Data under study START
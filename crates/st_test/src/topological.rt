//! A topological order of a graph without a cycle, of its vertices and of its edges.
ghost use Rattle.std.specs.Prelude.{◌≡◌, ◌<◌, ◌^◌, length, IfOk};
ghost use Rattle.st_ids.specs.EdgeNumbers.{numbers};
ghost use Rattle.st_ids.specs.Graph.{AreWithin, arcs_of};
ghost use Rattle.st_ids.specs.Walks.{IsAcyclic};
ghost use Rattle.st_test.specs.Poles.{graph_of};
ghost use Rattle.st_test.specs.Topological.{AreOrdered, IsTopologicalOrder, vertex_numbers};

use crate::stripping::{Order, strip};
use st_ids::{Digraph, EdgeId, NoMemory, VertexId};
use std::alloc::Global;
use std::marker::Model;

/// The vertices and the edges of a graph in an order that goes with its edges. A contract sees the two lists of numbers
/// (`OrderLists`).
#[derive(Drop)]
pub struct TopologicalOrder {
    vertices: Vec<VertexId>,
    edges: Vec<EdgeId>,
}

impl Model for TopologicalOrder {
    ghost use Rattle.st_ids.specs.EdgeNumbers.{numbers};
    ghost use Rattle.st_test.specs.Topological.{OrderLists, vertex_numbers};

    ghost Value = { OrderLists };

    ghost view = { λ a. record { vertices = vertex_numbers a.vertices.items; edges = numbers a.edges.items } };
}

impl TopologicalOrder {
    /// The vertices, each after the tails of all edges into it.
    pub fn vertices(&self) -> &[VertexId]
        ensures { vertex_numbers result.now ≡ self.now.vertices }
    {
        &self.vertices
    }

    /// The edges, each after all edges into its tail.
    pub fn edges(&self) -> &[EdgeId]
        ensures { numbers result.now ≡ self.now.edges }
    {
        &self.edges
    }
}

/// The vertices with these numbers.
fn vertex_list(alloc: Global, order: &[u32]) -> Result<Vec<VertexId>, NoMemory>
    ensures { IfOk result (λ l. vertex_numbers l.items ≡ order.now) }
{
    let mut list = Vec::with_capacity(alloc, order.len())?;
    for k in 0..order.len() {
        list.push(VertexId(order[k]))?;
    }
    Ok(list)
}

/// The edges with these numbers.
fn edge_list(alloc: Global, order: &[u32]) -> Result<Vec<EdgeId>, NoMemory>
    ensures { IfOk result (λ l. numbers l.items ≡ order.now) }
{
    let mut list = Vec::with_capacity(alloc, order.len())?;
    for k in 0..order.len() {
        list.push(EdgeId(order[k]))?;
    }
    Ok(list)
}

/// The order in which the nodes can be taken away where there is no cycle.
fn strip_all(alloc: Global, n: u32, arcs: &[(u32, u32)]) -> Result<Order, NoMemory>
    requires within { AreWithin n arcs.now }
    requires few { length arcs.now < 2 ^ 30 }
    requires acyclic { IsAcyclic (arcs_of (graph_of n arcs.now)) }
    ensures order { IfOk result (λ o. IsTopologicalOrder (graph_of n arcs.now) o.vertices.items o.edges.items) }
    ensures places { IfOk result (λ o. AreOrdered (graph_of n arcs.now) o.vertices.items o.edges.items) }
{
    match strip(alloc, n, arcs) {
        Ok(order) => Ok(order),
        Err(_) => Err(NoMemory),
    }
}

/// The same as `topological_order`, of n nodes with these arcs, the tail and the head of each: for relations that are
/// given by arcs.
///
/// Errors: `NoMemory`.
/// Cost: O(n + arcs) time, a few lists of u32 of as many items. Not proved.
pub fn order_arcs(alloc: Global, n: u32, arcs: &[(u32, u32)]) -> Result<TopologicalOrder, NoMemory>
    requires within { AreWithin n arcs.now }
    requires few { length arcs.now < 2 ^ 30 }
    requires acyclic { IsAcyclic (arcs_of (graph_of n arcs.now)) }
    ensures order { IfOk result (λ o. IsTopologicalOrder (graph_of n arcs.now) o.vertices o.edges) }
    ensures places { IfOk result (λ o. AreOrdered (graph_of n arcs.now) o.vertices o.edges) }
{
    let order = strip_all(alloc, n, arcs)?;
    let vertices = vertex_list(alloc, &order.vertices)?;
    let edges = edge_list(alloc, &order.edges)?;
    Ok(TopologicalOrder { vertices, edges })
}

/// The vertices of a graph without a cycle, the tail of each edge before its head, and its edges, each after all edges
/// into its tail: one pass over these edges meets each when all that leads to its tail is done.
///
/// Errors: `NoMemory`.
/// Cost: O(V + E) time, a few lists of u32 of as many items. Not proved.
pub fn topological_order(alloc: Global, graph: &Digraph) -> Result<TopologicalOrder, NoMemory>
    requires { IsAcyclic (arcs_of graph.now) }
    ensures order { IfOk result (λ o. IsTopologicalOrder graph.now o.vertices o.edges) }
    ensures places { IfOk result (λ o. AreOrdered graph.now o.vertices o.edges) }
{
    let (vertices, ends) = (graph.vertices(), graph.ends());
    order_arcs(alloc, vertices, ends)
}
Data under study END
### Work item
Write out every line of the data exactly, leaving nothing out.

### Response area
filename crates/st_test/src/topological.rt
//! A topological order of a graph without a cycle, of its vertices and of its edges.
ghost use Rattle.std.specs.Prelude.{◌≡◌, ◌<◌, ◌^◌, length, IfOk};
ghost use Rattle.st_ids.specs.EdgeNumbers.{numbers};
ghost use Rattle.st_ids.specs.Graph.{AreWithin, arcs_of};
ghost use Rattle.st_ids.specs.Walks.{IsAcyclic};
ghost use Rattle.st_test.specs.Poles.{graph_of};
ghost use Rattle.st_test.specs.Topological.{AreOrdered, IsTopologicalOrder, vertex_numbers};

use crate::stripping::{Order, strip};
use st_ids::{Digraph, EdgeId, NoMemory, VertexId};
use std::alloc::Global;
use std::marker::Model;

/// The vertices and the edges of a graph in an order that goes with its edges. A contract sees the two lists of numbers
/// (`OrderLists`).
#[derive(Drop)]
pub struct TopologicalOrder {
    vertices: Vec<VertexId>,
    edges: Vec<EdgeId>,
}

impl Model for TopologicalOrder {
    ghost use Rattle.st_ids.specs.EdgeNumbers.{numbers};
    ghost use Rattle.st_test.specs.Topological.{OrderLists, vertex_numbers};

    ghost Value = { OrderLists };

    ghost view = { λ a. record { vertices = vertex_numbers a.vertices.items; edges = numbers a.edges.items } };
}

impl TopologicalOrder {
    /// The vertices, each after the tails of all edges into it.
    pub fn vertices(&self) -> &[VertexId]
        ensures { vertex_numbers result.now ≡ self.now.vertices }
    {
        &self.vertices
    }

    /// The edges, each after all edges into its tail.
    pub fn edges(&self) -> &[EdgeId]
        ensures { numbers result.now ≡ self.now.edges }
    {
        &self.edges
    }
}

/// The vertices with these numbers.
fn vertex_list(alloc: Global, order: &[u32]) -> Result<Vec<VertexId>, NoMemory>
    ensures { IfOk result (λ l. vertex_numbers l.items ≡ order.now) }
{
    let mut list = Vec::with_capacity(alloc, order.len())?;
    for k in 0..order.len() {
        list.push(VertexId(order[k]))?;
    }
    Ok(list)
}

/// The edges with these numbers.
fn edge_list(alloc: Global, order: &[u32]) -> Result<Vec<EdgeId>, NoMemory>
    ensures { IfOk result (λ l. numbers l.items ≡ order.now) }
{
    let mut list = Vec::with_capacity(alloc, order.len())?;
    for k in 0..order.len() {
        list.push(EdgeId(order[k]))?;
    }
    Ok(list)
}

/// The order in which the nodes can be taken away where there is no cycle.
fn strip_all(alloc: Global, n: u32, arcs: &[(u32, u32)]) -> Result<Order, NoMemory>
    requires within { AreWithin n arcs.now }
    requires few { length arcs.now < 2 ^ 30 }
    requires acyclic { IsAcyclic (arcs_of (graph_of n arcs.now)) }
    ensures order { IfOk result (λ o. IsTopologicalOrder (graph_of n arcs.now) o.vertices.items o.edges.items) }
    ensures places { IfOk result (λ o. AreOrdered (graph_of n arcs.now) o.vertices.items o.edges.items) }
{
    match strip(alloc, n, arcs) {
        Ok(order) => Ok(order),
        Err(_) => Err(NoMemory),
    }
}

/// The same as `topological_order`, of n nodes with these arcs, the tail and the head of each: for relations that are
/// given by arcs.
///
/// Errors: `NoMemory`.
/// Cost: O(n + arcs) time, a few lists of u32 of as many items. Not proved.
pub fn order_arcs(alloc: Global, n: u32, arcs: &[(u32, u32)]) -> Result<TopologicalOrder, NoMemory>
    requires within { AreWithin n arcs.now }
    requires few { length arcs.now < 2 ^ 30 }
    requires acyclic { IsAcyclic (arcs_of (graph_of n arcs.now)) }
    ensures order { IfOk result (λ o. IsTopologicalOrder (graph_of n arcs.now) o.vertices o.edges) }
    ensures places { IfOk result (λ o. AreOrdered (graph_of n arcs.now) o.vertices o.edges) }
{
    let order = strip_all(alloc, n, arcs)?;
    let vertices = vertex_list(alloc, &order.vertices)?;
    let edges = edge_list(alloc, &order.edges)?;
    Ok(TopologicalOrder { vertices, edges })
}

/// The vertices of a graph without a cycle, the tail of each edge before its head, and its edges, each after all edges
/// into its tail: one pass over these edges meets each when all that leads to its tail is done.
///
/// Errors: `NoMemory`.
/// Cost: O(V + E) time, a few lists of u32 of as many items. Not proved.
pub fn topological_order(alloc: Global, graph: &Digraph) -> Result<TopologicalOrder, NoMemory>
    requires { IsAcyclic (arcs_of graph.now) }
    ensures order { IfOk result (λ o. IsTopologicalOrder graph.now o.vertices o.edges) }
    ensures places { IfOk result (λ o. AreOrdered graph.now o.vertices o.edges) }
{
    let (vertices, ends) = (graph.vertices(), graph.ends());
    order_arcs(alloc, vertices, ends)
}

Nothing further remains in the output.